Monday, Dec. 01, 1930

Stokowskitalk

Concerts certain to cause as much comment as any this season will be given during the next fortnight in Manhattan and Philadelphia. Arturo Toscanini will leave his Philharmonic-Symphony, go to Philadelphia to conduct Leopold Stokowski's Orchestra. Stokowski will go to Manhattan to conduct the Philharmonic. Changing boats in the middle of the stream is a unique venture for conductors, a challenge to audiences to compare their talents.

Last week Stokowski anticipated the inevitable comparison with a press statement which lavishly extolled the genius of Toscanini in terms applicable to any great conductor, perhaps even to Stokowski himself. Excerpt: "The melodic line he molds just as a sculptor molds in soft clay the forms appearing under his fingers. . . . His originality of conception comes from his expressing the essence and soul of the score instead of merely the literal notes. ... It is the divine fire in him which elevates all he expresses through tone, so that one knows that at that moment music is being created which through its vitality, rich color, plastic form, pulsating rhythm brings us a vision of the beauty and power of which this life is capable, when that vision is brought to us by such a master."

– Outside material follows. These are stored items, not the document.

//! Laws over the definitions that the contracts cite.

ghost use Rattle.std.specs.Prelude.{◌≡◌, ◌↔◌, List, true};
ghost use Rattle.std.specs.FinMap.{FinMap};
ghost use Rattle.papergrid_tables.specs.BorderCalls.{BorderCall};
ghost use Rattle.papergrid_tables.specs.StoredBorders as borders;
ghost use Rattle.papergrid_tables.specs.StoredBorders.{StoredBorders, parts_of_borders};
ghost use Rattle.papergrid_tables.specs.BorderSame.{HoldTheSameBorders};
ghost use Rattle.papergrid_values.specs.MapKeys.{position_cmp};
ghost use Rattle.papergrid_tables.specs.Overrides as overrides;
ghost use Rattle.papergrid_tables.specs.Overrides.{StoredOffsets, HoldTheSame, OffsetCall};

use crate::{BorderTable, OffsetTable};

/// Any calls make a border table that has them as its history, and no other.
pub fn history_makes_borders<T>()
    ensures some { (calls : List (BorderCall T)) →
        (stored : StoredBorders T) × borders.HasBorderHistory calls stored }
    ensures only { (calls : List (BorderCall T)) (s t : StoredBorders T) →
        borders.HasBorderHistory calls s → borders.HasBorderHistory calls t → s ≡ t }
{}

/// Two border tables are equal exactly where they hold equal values, or none, for each part: for
/// all lines, in each part of the frame and of each line, and at each edge and corner.
pub fn equal_borders<T: PartialEq>()
    ensures { (s t : StoredBorders T) →
        (⟦<BorderTable<T> as PartialEq>⟧.eq s t ≡ true)
        ↔ HoldTheSameBorders T.eq (parts_of_borders s) (parts_of_borders t) }
{}

/// Two tables of overrides are equal exactly where they hold equal values, or none, at each
/// position and offset, however they keep them.
pub fn equal_overrides<T: PartialEq>()
    ensures { (s t : FinMap position_cmp (StoredOffsets T)) →
        (⟦<OffsetTable<T> as PartialEq>⟧.eq s t ≡ true) ↔ HoldTheSame T.eq s t }
{}

/// Two tables with the same history of calls are equal.
pub fn equal_tables_by_history<T: Eq>()
    ensures borders { (calls : List (BorderCall T)) (s t : StoredBorders T) →
        borders.HasBorderHistory calls s → borders.HasBorderHistory calls t →
        ⟦<BorderTable<T> as PartialEq>⟧.eq s t ≡ true }
    ensures overrides { (calls : List (OffsetCall T))
        (s t : FinMap position_cmp (StoredOffsets T)) →
        overrides.HasOverrideHistory calls s → overrides.HasOverrideHistory calls t →
        ⟦<OffsetTable<T> as PartialEq>⟧.eq s t ≡ true }
{}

Toscanini characteristically made no reply. In the six years he has conducted the Philharmonic, Toscanini has never given an interview, never explained his musical methods or described his diet. "I speak," he tells his friends, "a universal language. If the public cannot understand . . ." and he will shrug his shoulders. But his attitude is known to be one of humility. He regards himself as the servant of the composer, holds every note important.

Contrastingly, Stokowski delivers himself more and more of public utterances. At a recent luncheon in Philadelphia he said: "Peace can only come through the individual evolution of man." At the Poor Richard Club (Philadelphia), where he was presented with a silver spoon and porringer for his infant daughter, Andrea Sadja, he said: "Symphonic music is only a very small part of what radio can do. It is equal to anything man ever has had for exchange of thought, of imagination, of beauty; for developing everything that makes life a wonderful thing. Perhaps never before has there been such a medium. For the development of civilization, nothing is so important."